# AiO etwas enttäuscht



## myLoooo (27. September 2016)

*AiO etwas enttäuscht*

Moin,

in Moment besitze ich Artic Freezer 240 - leider bin ich mit der Leistung nicht sozufrieden.

3770K@4,3Ghz - 1,18V IDLE: max. Temp 38°

Bei 2800rpm der Pumpe und 700rpm Lüfter Drehzahl.  Besitze ein Phanteks Evolv und würde gerne
auch etwas mehr Leistung und optik gehen und eventuell mehr Einstellung des AiO.

Vielleicht könnt ihr mir dabei helfen.


----------



## NatokWa (27. September 2016)

*AW: AiO etwas enttäuscht*

38° im IDLE oder unter Last ?? Kommt irgendwie net rüber ...

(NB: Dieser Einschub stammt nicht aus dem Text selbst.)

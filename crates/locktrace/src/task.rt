//! What does each command do? [`perform`] opens the file of a task, or takes standard input, and does the task.
use crate::audit::audit;
use crate::check::check_reader;
use crate::explain::explain_file;
use crate::failure::{TraceFailure, fault_of, of_picture, of_sort};
use crate::follow::{StepTaker, follow_steps, write_text};
use crate::input::{buffered, open};
use crate::output::{Output, ending_of};
use crate::progress_line::ProgressLine;
use locktrace_words::{PictureWords, SortWords, Task, WantedSteps};
use lt_checker::{Checker, Line};
use lt_ids::Key;
use lt_rules::KeyState;
use lt_trace::{SortOptions, TraceForm, sort_trace};
use lt_trace_picture::{PageRows, html, picture};
use lt_trace_show::{
    Layout, MOST_QUEUED, MOST_STEPS, ShownRange, ShownStep, put_heading, put_key, put_shown,
};
use std::alloc::{AllocError, Global};
use std::fs::{File, Files};
use std::io::{BufRead, BufWriter, Read, Write};

/// How many runs a sort merges at once.
const WAYS: usize = 64;

/// How many bytes one write takes.
const PIECE: usize = 1 << 16;

/// Whether steps of this key are wanted.
fn is_of_key(wanted: &WantedSteps, key: &Key) -> bool {
    match wanted.key {
        Some(name) => name.as_bytes() == key.as_bytes(),
        None => true,
    }
}

/// Whether all steps of the text are wanted.
fn are_all_wanted(wanted: &WantedSteps) -> bool {
    wanted.key.is_none() && wanted.from == 1 && wanted.to == u64::MAX
}

/// Whether the step is wanted.
fn is_in_range(wanted: &WantedSteps, line: &Line) -> bool {
    is_of_key(wanted, &line.key) && wanted.from <= line.step.index && line.step.index <= wanted.to
}

/// The key of the line, and its step with this state after it.
fn shown_step(line: Line, state: KeyState) -> (Key, ShownStep) {
    let Line { key, step, tickets } = line;
    let shown = ShownStep {
        index: step.index,
        pass: step.pass,
        call: step.call,
        reply: step.reply,
        tickets,
        state,
    };
    (key, shown)
}

/// Makes a line of a table of each step.
#[derive(Drop)]
struct Shower<'a> {
    alloc: Global,
    wanted: WantedSteps<'a>,
    layout: Layout,
    /// The key of the latest step.
    key: Option<Key>,
}

impl<'a> Shower<'a> {
    /// Appends the head of a table, if the key is not that of the latest step.
    fn put_head(&mut self, text: &mut Vec<u8>, key: Key) -> Result<(), AllocError> {
        if let Some(latest) = &self.key
            && *latest == key
        {
            return Ok(());
        }
        put_key(text, self.layout, &key)?;
        put_heading(text, self.layout)?;
        self.key = Some(key);
        Ok(())
    }

    /// The lines of the table for this step.
    fn lines(&mut self, key: Key, step: &ShownStep) -> Result<Vec<u8>, AllocError> {
        // Most lines of the table fit into this.
        let mut text = Vec::with_capacity(self.alloc, self.layout.width().saturating_add(1))?;
        self.put_head(&mut text, key)?;
        put_shown(&mut text, self.layout, step)?;
        Ok(text)
    }
}

impl<'a> StepTaker for Shower<'a> {
    fn take(&mut self, checker: &Checker, line: Line) -> Result<Vec<u8>, TraceFailure> {
        if !is_in_range(&self.wanted, &line) {
            return Ok(Vec::new(self.alloc));
        }
        let state = checker.front(self.alloc, MOST_QUEUED)?;
        let (key, step) = shown_step(line, state);
        Ok(self.lines(key, &step)?)
    }
}

/// Collects the steps of a key for a picture, and the state before the first of them.
#[derive(Drop)]
struct Collector<'a> {
    alloc: Global,
    wanted: WantedSteps<'a>,
    /// The key of the steps.
    key: Option<Key>,
    range: ShownRange,
    /// The rows of a page, if one is wanted.
    rows: Option<PageRows>,
}

impl<'a> Collector<'a> {
    /// A collector of these steps. Makes the rows of a page too, if one is wanted.
    fn new(alloc: Global, wanted: WantedSteps<'a>, has_page: bool) -> Collector<'a> {
        Collector {
            alloc,
            wanted,
            key: None,
            range: ShownRange::new(alloc, KeyState::empty(alloc)),
            rows: if has_page {
                Some(PageRows::new(alloc))
            } else {
                None
            },
        }
    }

    /// Whether the step is wanted. The step before the first wanted one is wanted for the state after it.
    fn wants(&mut self, line: &Line) -> bool {
        let index = line.step.index;
        if !is_of_key(&self.wanted, &line.key) || MOST_STEPS < self.range.steps.len() {
            return false;
        }
        if self.wanted.to < index {
            self.range.goes_on = true;
            return false;
        }
        self.wanted.from <= index.saturating_add(1)
    }

    /// Adds a step, also to the rows of the page.
    fn add(&mut self, step: ShownStep) -> Result<(), AllocError> {
        if let Some(rows) = &mut self.rows {
            rows.push(&step)?;
        }
        self.range.push(step)
    }

    /// Collects a wanted step, or of the step before the first one the state.
    fn collect(&mut self, checker: &Checker, line: Line) -> Result<(), AllocError> {
        let state = checker.state_before(self.alloc, &line.key)?;
        if line.step.index < self.wanted.from {
            self.range = ShownRange::new(self.alloc, state);
            return Ok(());
        }
        let (key, step) = shown_step(line, state);
        self.key = Some(key);
        self.add(step)
    }
}

impl<'a> StepTaker for Collector<'a> {
    fn take(&mut self, checker: &Checker, line: Line) -> Result<Vec<u8>, TraceFailure> {
        if self.wants(&line) {
            self.collect(checker, line)?;
        }
        Ok(Vec::new(self.alloc))
    }
}

/// Writes the wanted steps as a table.
fn show<R: BufRead, W: Write>(
    alloc: Global,
    reader: &mut R,
    output: &mut W,
    wanted: &WantedSteps,
    layout: Layout,
) -> Result<(), TraceFailure> {
    let mut shower = Shower {
        alloc,
        wanted: *wanted,
        layout,
        key: None,
    };
    follow_steps(alloc, reader, output, &mut shower)?;
    if shower.key.is_none() && !are_all_wanted(wanted) {
        return Err(TraceFailure::NoStep);
    }
    Ok(())
}

/// Draws the steps that were collected.
fn drawn(alloc: Global, collected: &Collector) -> Result<Vec<u8>, TraceFailure> {
    let Some(key) = &collected.key else {
        return Err(TraceFailure::NoStep);
    };
    let text = match &collected.rows {
        Some(rows) => html(alloc, key, &collected.range, rows),
        None => picture(alloc, key, &collected.range),
    };
    match text {
        Ok(text) => Ok(text),
        Err(error) => Err(of_picture(error)),
    }
}

/// Writes a picture to the file with this name, or to the output if there is none.
fn write_picture<F: Files, W: Write>(
    files: &F,
    output: &mut W,
    name: Option<&str>,
    text: &[u8],
) -> Result<(), TraceFailure> {
    let Some(name) = name else {
        return write_text(output, text);
    };
    match File::create(files, name) {
        Ok(mut file) => write_text(&mut file, text),
        Err(e) => Err(TraceFailure::Write(fault_of(e.kind()))),
    }
}

/// Collects the steps of a text, and draws them.
fn collected<R: BufRead, W: Write>(
    alloc: Global,
    reader: &mut R,
    output: &mut W,
    collector: &mut Collector,
) -> Result<Vec<u8>, TraceFailure> {
    follow_steps(alloc, reader, output, collector)?;
    drawn(alloc, collector)
}

/// Draws the wanted steps of a key, and writes the picture to its file or to the output.
fn draw<F: Files, R: BufRead, W: Write>(
    files: &F,
    alloc: Global,
    reader: &mut R,
    output: &mut W,
    wanted: &WantedSteps,
    picture: &PictureWords,
) -> Result<(), TraceFailure> {
    let mut collector = Collector::new(alloc, *wanted, picture.html);
    match collected(alloc, reader, output, &mut collector) {
        Ok(text) => write_picture(files, output, picture.out, &text),
        Err(failure) => Err(failure),
    }
}

/// Sorts the trace, and writes the text of histories.
fn sort<F: Files, R: BufRead, W: Write>(
    files: &F,
    alloc: Global,
    reader: &mut R,
    output: &mut W,
    words: &SortWords,
) -> Result<(), TraceFailure> {
    let options = SortOptions {
        form: if words.json {
            TraceForm::Json
        } else {
            TraceForm::Words
        },
        memory: words.memory as usize,
        ways: WAYS,
        folder: words.folder,
    };
    match sort_trace(files, alloc, &options, reader, output) {
        Ok(_) => Ok(()),
        Err(error) => Err(of_sort(error)),
    }
}

/// Does the task over this reader and this output.
fn perform_over<F: Files, R: BufRead, W: Write>(
    files: &F,
    alloc: Global,
    task: &Task,
    reader: &mut R,
    output: &mut W,
    line: &mut ProgressLine,
) -> Result<(), TraceFailure> {
    match task {
        Task::Sort(_, words) => sort(files, alloc, reader, output, words),
        Task::Check(_) => check_reader(alloc, reader, output, line),
        Task::Audit(_) => audit(alloc, reader, output),
        Task::Explain(name) => explain_file(files, alloc, name, output),
        Task::Show(_, wanted, layout) => show(alloc, reader, output, wanted, *layout),
        Task::Picture(_, wanted, picture) => draw(files, alloc, reader, output, wanted, picture),
    }
}

/// Does the task over this input and this output.
fn perform_on<F: Files, R: Read + Drop, W: Write + Drop>(
    alloc: Global,
    files: &F,
    task: &Task,
    input: R,
    output: W,
    line: &mut ProgressLine,
) -> Result<(), TraceFailure> {
    let mut reader = buffered(alloc, input)?;
    let Ok(mut writer) = BufWriter::with_capacity(alloc, PIECE, Output::new(output)) else {
        return Err(TraceFailure::Memory);
    };
    let ending = perform_over(files, alloc, task, &mut reader, &mut writer, line);
    let ending = match writer.flush() {
        Ok(()) => ending,
        Err(e) => Err(TraceFailure::Write(fault_of(e.kind()))),
    };
    ending_of(ending, writer.get_ref())
}

/// The names of what a task reads and writes, for a message.
#[derive(Clone, Copy)]
pub struct TaskNames<'a> {
    pub input: &'a str,
    pub output: &'a str,
    /// The folder of temporary files.
    pub folder: &'a str,
}

/// The names if nothing is named.
pub const STREAMS: TaskNames = TaskNames {
    input: "standard input",
    output: "standard output",
    folder: "/tmp",
};

/// The names of the task.
pub fn names_of<'a>(task: &Task<'a>) -> TaskNames<'a> {
    let input = match task {
        Task::Explain(name) => *name,
        _ => file_of(task).unwrap_or(STREAMS.input),
    };
    let output = match task {
        Task::Picture(_, _, picture) => picture.out.unwrap_or(STREAMS.output),
        _ => STREAMS.output,
    };
    let folder = match task {
        Task::Sort(_, words) => words.folder,
        _ => STREAMS.folder,
    };
    TaskNames {
        input,
        output,
        folder,
    }
}

/// The file of the task.
fn file_of<'a>(task: &Task<'a>) -> Option<&'a str> {
    match task {
        Task::Sort(file, _)
        | Task::Check(file)
        | Task::Audit(file)
        | Task::Show(file, _, _)
        | Task::Picture(file, _, _) => *file,
        Task::Explain(_) => None,
    }
}

/// Does the task: over its file, or over the input if it has none. A check tells the line how far it is.
pub fn perform<F: Files, R: Read + Drop, W: Write + Drop>(
    alloc: Global,
    files: &F,
    task: &Task,
    input: R,
    output: W,
    line: &mut ProgressLine,
) -> Result<(), TraceFailure> {
    match file_of(task) {
        Some(name) => {
            let file = open(files, name)?;
            perform_on(alloc, files, task, file, output, line)
        }
        None => perform_on(alloc, files, task, input, output, line),
    }
}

Unter Last ist der Wert Gut , außerdem sind die eingebauten Temp-Sensoren in dem niedrigeren Temp-Bereich eher SEHR Bescheiden genau , sind also nur ein grober Richtwert .


----------



## myLoooo (27. September 2016)

*AW: AiO etwas enttäuscht*

im Prime Last 100% etwa 62°


----------



## Bariphone (27. September 2016)

*AW: AiO etwas enttäuscht*

ist doch sportlich


----------



## L4D2K (27. September 2016)

*AW: AiO etwas enttäuscht*

62° sind für den Arctic Liquid Freezer normale Temperaturen unter Volllast, hab den selbst auch.
Hab bei meiner aber die  4 Standard Lüfter gegen 2 eloops getauscht, da die Standard Lüfter Lagergeräusche hatten.


----------



## freezy94 (28. September 2016)

*AW: AiO etwas enttäuscht*

Bei 62°C gibt es absolut nichts zu meckern. Ich habe bei meinem i5 3570K und einer Custom-Wakü (GTX 1080 mit Volt-BIOS-Mod im selben Kreislauf) max. 56°C auf der CPU bei 4.50 GHz (aktuell - sonst 5.10 GHz). Alles easy. Luft nach oben ist definitiv noch vorhanden - kannst die Lüfter noch etwas runterdrehen, der Ohren wegen.


----------



## Rolk (28. September 2016)

*AW: AiO etwas enttäuscht*

Die Temps sind doch gut.

Sei froh kein Heizwell oder Skylake zu haben. Du würdest dich vielleicht gar nicht mehr trauen den Rechner zu starten, wenn du hier unzufrieden bist.


----------



## Narbennarr (28. September 2016)

*AW: AiO etwas enttäuscht*

du hast im idle 1.1V anliegen?


----------



## myLoooo (28. September 2016)

*AW: AiO etwas enttäuscht*



Narbennarr schrieb:


> du hast im idle 1.1V anliegen?



zeigt mir CPU-Z an - obwohl alle Sparmaßnahmen aktiviert sind.


----------



## Narbennarr (29. September 2016)

*AW: AiO etwas enttäuscht*

dann arbeitest du mit fixer Vcore. Versuchs mal über off-set. Mit 1.1V sind 38 Grad im idle doch sehr gut. Dein Lasttemp ebenso....


----------